From 2001 until 2018, Burns lectured in music at the University of Otago where he earned his PhD and attained the position of associate professor in music, specialising in popular music performance, arranging, composition, music industry studies and cultural studies. His interests included progressive rock music, jazz, research into the globalisation of traditional English folk music, and jazz fusion bass guitar performance. Burns has authored numerous publications in these subjects.

Burns's authored works include:
- "Indigeneity Meets Improvisation as Free Jazz: A Musical Director's/Editor's Perspective" Chapter in The Routledge Companion to Diasporic Jazz Studies edited by Ádám Havas, Bruce Johnson and David Horn ISBN 978-1-0320-8038-3 (2025, Routledge),
- "Rama and the Worm: A Performance–Based Approach to Applied Ethnomusicology" in Dialogues in Applied Ethnomusicology: Practices, Policies and Challenges, Burns, Robert.
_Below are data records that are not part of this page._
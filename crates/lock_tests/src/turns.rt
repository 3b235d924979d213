ghost use Rattle.std.specs.Prelude.{◌≡◌, ℕ, ◌<◌, ◌≤◌, ◌^◌, length};
ghost use Rattle.turn_lock.specs.Handles.{AllOut, IsPassOf, IsOut};

use crate::numbers::Numbers;
use crate::threads::{Signs, all_add, both_sides};
use std::process::Abort;
use std::sync::Wait;
use std::sync::atomic::{AtomicU64, Ordering};
use std::test::Fail;
use turn_lock::{Pass, TurnLock};

// One turn that finds these numbers, and may add one.
fn find_and_add<R: Wait + Abort>(
    rt: &R,
    lock: &TurnLock<Numbers>,
    pass: &mut Pass<Numbers>,
    found: &[u32],
    x: Option<u32>,
)
    requires { IsPassOf lock.now pass.old × IsOut pass.old }
    ensures { IsPassOf lock.now pass.new × IsOut pass.new }
{
    let mut turn = lock.enter(rt, pass);
    let numbers = turn.value();
    assert_eq!(rt; numbers.list.as_slice(), found);
    if let Some(x) = x {
        numbers.add(x);
    }
    lock.leave(turn, pass);
}

fn turns_of_two<R: Wait + Abort>(rt: &R, lock: &TurnLock<Numbers>, passes: &mut [Pass<Numbers>])
    requires { (length passes.old ≡ 2) × AllOut lock.now passes.old }
    ensures { AllOut lock.now passes.new }
{
    find_and_add(rt, lock, &mut passes[0], &[], Some(7));
    assert_eq!(rt; lock.glance(&mut passes[0]), 1);
    find_and_add(rt, lock, &mut passes[0], &[7], None);
    assert_eq!(rt; lock.glance(&mut passes[1]), 1);
    find_and_add(rt, lock, &mut passes[1], &[7], Some(9));
}

#[test]
fn a_turn_finds_what_others_left(rt: HostRuntime) -> Result<(), Fail> {
    let numbers = Numbers::new(rt.alloc(), 4)?;
    let Ok((lock, mut passes)) = TurnLock::new(rt.alloc(), numbers, 2) else {
        panic!(rt; "no memory")
    };
    turns_of_two(&rt, &lock, passes.as_mut_slice());
    let numbers = lock.close(passes);
    assert_eq!(rt; numbers.list.as_slice(), [7, 9].as_slice());
    Ok(())
}

fn turn_of_one<R: Wait + Abort>(rt: &R, lock: &TurnLock<Numbers>, passes: &mut [Pass<Numbers>])
    requires { (length passes.old ≡ 2) × AllOut lock.now passes.old }
    ensures { AllOut lock.now passes.new }
{
    find_and_add(rt, lock, &mut passes[1], &[], Some(5));
}

#[test]
fn a_pass_that_never_entered_closes_too(rt: HostRuntime) -> Result<(), Fail> {
    let numbers = Numbers::new(rt.alloc(), 4)?;
    let Ok((lock, mut passes)) = TurnLock::new(rt.alloc(), numbers, 2) else {
        panic!(rt; "no memory")
    };
    turn_of_one(&rt, &lock, passes.as_mut_slice());
    let numbers = lock.close(passes);
    assert_eq!(rt; numbers.list.as_slice(), [5].as_slice());
    Ok(())
}

// Whether each thread's numbers stand in ascending order, and none is left out.
fn are_in_order(list: &[u32], threads: u32) -> bool
    requires { (0 < threads) × (threads ≤ 64) }
{
    let mut next = [0u32; 64];
    for thread in 0..threads {
        next[thread as usize] = thread;
    }
    for x in list {
        let thread = (*x % threads) as usize;
        if next[thread] != *x {
            return false;
        }
        next[thread] = x.wrapping_add(threads);
    }
    list.len() == 1000 * threads as usize
}

#[test]
fn two_threads_add_each_number_once_in_order(rt: HostRuntime) -> Result<(), Fail> {
    let numbers = Numbers::new(rt.alloc(), 2000)?;
    let Ok((lock, mut passes)) = TurnLock::new(rt.alloc(), numbers, 2) else {
        panic!(rt; "no memory")
    };
    all_add(&rt, &lock, passes.as_mut_slice());
    let numbers = lock.close(passes);
    assert!(rt; are_in_order(numbers.list.as_slice(), 2));
    Ok(())
}

#[test]
fn sixty_four_threads_end(rt: HostRuntime) -> Result<(), Fail> {
    let numbers = Numbers::new(rt.alloc(), 64_000)?;
    let Ok((lock, mut passes)) = TurnLock::new(rt.alloc(), numbers, 64) else {
        panic!(rt; "no memory")
    };
    all_add(&rt, &lock, passes.as_mut_slice());
    let numbers = lock.close(passes);
    assert!(rt; are_in_order(numbers.list.as_slice(), 64));
    Ok(())
}

#[test]
fn a_glance_waits_for_nobody(rt: HostRuntime) -> Result<(), Fail> {
    let numbers = Numbers::new(rt.alloc(), 4)?;
    let Ok((lock, mut passes)) = TurnLock::new(rt.alloc(), numbers, 2) else {
        panic!(rt; "no memory")
    };
    let signs = Signs {
        inside: AtomicU64::new(0),
        glanced: AtomicU64::new(0),
        seen: AtomicU64::new(0),
    };
    both_sides(&rt, &lock, passes.as_mut_slice(), &signs);
    assert_eq!(rt; signs.seen.load(Ordering::SeqCst), 1);
    let _numbers = lock.close(passes);
    Ok(())
}
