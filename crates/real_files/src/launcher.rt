//! What the program that started this one may tell it: when it is ready, and that a stop is asked for. It tells so by a
//! pipe, which is standard input then.
use std::io::{self, ErrorKind, Read};
use std::os::unix::fs::FileTypeExt;
use std::{env, fs};

/// The variable of the environment that says of standard input that it is the launcher's pipe, and its value then.
const VARIABLE: &str = "DDRESCUE_LAUNCHER";

const STANDARD_INPUT: &str = "stdin";

/// Its value if the launcher leaves the input to be read through the kernel's cache.
const THROUGH_CACHE: &str = "stdin cached";

/// The byte that says that the input that was opened is ready to be read.
const READY: u8 = b'r';

/// The byte that says that the input can't be read as it is to be.
const REFUSED: u8 = b'x';

/// What a launcher says of an input that was opened.
#[derive(Clone, Copy, Debug, PartialEq, Eq)]
pub enum Readiness {
    Ready,
    /// The input can't be read as it is to be.
    Refused,
    /// A stop is asked for, or the launcher is gone.
    Stop,
}

/// The launcher's pipe, if there is one. Once the input is ready no read of the pipe waits.
#[derive(Drop)]
pub struct Launcher {
    rt: HostRuntime,
    has_pipe: bool,
    /// Whether no launcher has an input that is a block device read past the kernel's cache.
    is_cached: bool,
    /// Whether it said that the input is ready.
    is_ready: bool,
}

/// What the environment says of standard input, if it says anything.
fn told(rt: &HostRuntime) -> io::Result<Option<String>> {
    match env::var(rt, VARIABLE) {
        Ok(text) => Ok(Some(text)),
        Err(env::VarError::OutOfMemory) => Err(ErrorKind::OutOfMemory.into()),
        Err(_) => Ok(None),
    }
}

fn is_pipe(rt: &HostRuntime) -> bool {
    matches!(fs::metadata(rt, "/proc/self/fd/0"), Ok(found) if found.file_type().is_fifo())
}

impl Launcher {
    /// Looks for the launcher's pipe. There is none unless the environment names it and it is a pipe.
    ///
    /// # Errors
    ///
    /// `OutOfMemory`.
    pub fn find(rt: &HostRuntime) -> io::Result<Launcher> {
        let Some(told) = told(rt)? else {
            return Launcher::none(rt);
        };
        let is_cached = told.as_str() == THROUGH_CACHE;
        if !(is_cached || told.as_str() == STANDARD_INPUT) || !is_pipe(rt) {
            return Launcher::none(rt);
        }
        Ok(Launcher {
            rt: rt.clone()?,
            has_pipe: true,
            is_cached,
            is_ready: false,
        })
    }

    /// No launcher tells anything.
    ///
    /// # Errors
    ///
    /// `OutOfMemory`.
    pub fn none(rt: &HostRuntime) -> io::Result<Launcher> {
        Ok(Launcher {
            rt: rt.clone()?,
            has_pipe: false,
            is_cached: true,
            is_ready: false,
        })
    }

    /// Whether there is a launcher's pipe.
    pub fn is_there(&self) -> bool {
        self.has_pipe
    }

    /// Whether an input that is a block device is read through the kernel's cache, as far as the launcher tells.
    pub fn is_cached(&self) -> bool {
        self.is_cached
    }

    /// Takes a byte from the pipe, or meets its end. It is one call of the system.
    fn take(&self) -> io::Result<Option<u8>> {
        let mut byte = [0u8; 1];
        let mut input = self.rt.stdin();
        match input.read(&mut byte)? {
            0 => Ok(None),
            _ => Ok(Some(byte[0])),
        }
    }

    /// Waits for what the launcher says of the input. It has reads wait no more just before it says that the input is
    /// ready, and a read between the two is made again, as is one that a signal ended.
    fn take_readiness(&self) -> Readiness {
        for _ in 0..u64::MAX {
            match self.take() {
                Ok(Some(READY)) => return Readiness::Ready,
                Ok(Some(REFUSED)) => return Readiness::Refused,
                Ok(_) => return Readiness::Stop,
                Err(error)
                    if matches!(error.kind(), ErrorKind::WouldBlock | ErrorKind::Interrupted) => {}
                Err(_) => return Readiness::Stop,
            }
        }
        Readiness::Stop
    }

    /// Waits for what the launcher says of the first input that was opened. It says nothing of a later one, which is
    /// ready.
    pub fn wait_ready(&mut self) -> Readiness {
        if !self.has_pipe || self.is_ready {
            return Readiness::Ready;
        }
        let readiness = self.take_readiness();
        self.is_ready = readiness == Readiness::Ready;
        readiness
    }

    /// Whether a stop is asked for now: there is a byte in the pipe, or the launcher is gone. It takes the byte.
    pub fn asks_stop(&self) -> bool {
        self.has_pipe && self.take().is_ok()
    }
}
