//! Why a search gives no partition, and what a person is told of that.
ghost use Rattle.std.specs.Prelude.{◌≡◌, ◌≤◌, ◌++◌};
ghost use Rattle.arrayvec.specs.ArrayVec.{array_vec_len};
ghost use Rattle.partition_domain.specs.Reads.{said_of};

use console_texts::message::{Message, add, add_number};

/// Why what was read of a disk gives no partition.
#[derive(Clone, Copy, Debug, PartialEq, Eq)]
pub enum Refusal {
    /// Not all of a record could be read.
    Unread { sector: u64 },
    /// What is read in place of a record is none: it doesn't end with a record's signature.
    NoSignature { sector: u64 },
    /// The table protects a disk that has another kind of partition table.
    Protective,
    /// The disk has no partition of the number that is asked for.
    NoPartition,
    /// The chain of records is longer than any chain may be, and none of them gives the partition.
    ChainTooLong,
}

impl Refusal {
    /// Adds the refusal's text to a message.
    pub fn add_to(self, message: &mut Message)
        requires { array_vec_len message.old ≤ 20 }
        ensures text { message.new.items ≡ message.old.items ++ (said_of self).1 }
        ensures len { array_vec_len message.new ≤ 120 }
    {
        match self {
            Refusal::Unread { sector } => {
                add_number(message, "sector ", sector as usize, ": unread");
            }
            Refusal::NoSignature { sector } => {
                add_number(message, "sector ", sector as usize, ": no signature");
            }
            Refusal::Protective => add(message, "protective partition table"),
            Refusal::NoPartition => add(message, "no such partition"),
            Refusal::ChainTooLong => add(message, "chain too long"),
        }
    }
}

/// Why a search stopped.
#[derive(Clone, Copy, Debug, PartialEq, Eq)]
pub enum SearchStop {
    /// The input was lost while it was read.
    SourceLost,
    /// What was read gives no partition.
    Refused(Refusal),
}
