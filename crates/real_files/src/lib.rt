//! What the forms for real files use: reads and writes at a place, reads past the kernel's cache, and what is read
//! ahead. Also what an error means, and what a launcher asks.
#![tactic(auto)]

pub mod direct;
pub mod file_cursor;
pub mod launcher;
pub mod outcome;
pub mod read_ahead;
G. H., Bendrups, D., Johnson, H. (2021, Beijing: Central Conservatory of Music Press)
- "Experiencing Progressive Rock – A Listener’s Companion" ISBN 978-1-4422-6602-5 (June 2018, Rowman & Littlefield),
- "Transforming folk: Innovation and tradition in English folk-rock music" ISBN 978-0-7190-8533-8 (2011, Manchester University Press),
- "British Folk Songs of the Great War - Then and Now" in The Journal of Military History (Centennial Edition), Volume 79, No. 4 - October 2015, pp. 1059-77 (2015, Society for Military History),
- "Liebe ist für alle da: A Visual Analysis of Rammstein’s 2009 Album Artwork" Chapter in Rammstein on Fire: New Perspectives on the Music and Performances edited by John T. Littlejohn and Michael T. Putnam ISBN 978-0-7864-7463-9 (2013, McFarland),
- "Depicting The Merrie: Historical Imagery in English Folk–Rock" in Music and Art: The International Journal of Music Iconography, Volume 35, Spring–Fall 2010,
- "German symbolism in rock music: national signification in the imagery and songs of Rammstein" (2008, Popular Music, Cambridge University Press),
- "Continuity, Variation, and Authenticity in the English Folk-rock Movement" (2007, Folk Music Journal 9.2 pp.192-218),
- "British Folk Songs in Popular Music Settings" in Folksong: Tradition, Revival and Re-creation ed. Ian Russell and David Atkinson, (2004, English Folk Dance and Song Society and the University of Aberdeen).

Burns was nominated for a Teaching Excellence Award in the 2018 OUSA Teaching Awards, via feedback from the students of the University of Otago.

Burns' recollections were extensively quoted in the 2024 Zoot Money biography "It Should Have Been Me" by Bruce Cherry (AMZ Marketing Hub, ISBN 978-1917124607).

== Influence ==
Some of Burns's former students play for bands and artists such as Basement Jaxx, KT Tunstall, Chaka Khan, Moby and Radiohead.

== Other recent activities ==
Burns has recently performed and recorded with jazz fusion sextet, Subject2change NZ, The Verlaines, country songwriter John Egenes, and the Oxo Cubans.

== Instruments and endorsements ==
Burns plays 4, 5, and 6-string bass, and has long been a proponent of Wal basses. He first began holding Musicians' Union clinics during his session career (replacing Colin Hodgkinson) to showcase the Wal basses (originated by electronics specialist Ian Waller and luthier Pete Stevens) and Trace Elliot amplification, leading to a long-standing relationship with Mark Gooday and Ashdown Amplification. Burns also included Dave Kilminster as a featured guitarist in these clinics.

Burns has been endorsed by Picato Musicians' Strings, Electric Wood Basses (Wal) and J Retro preamps.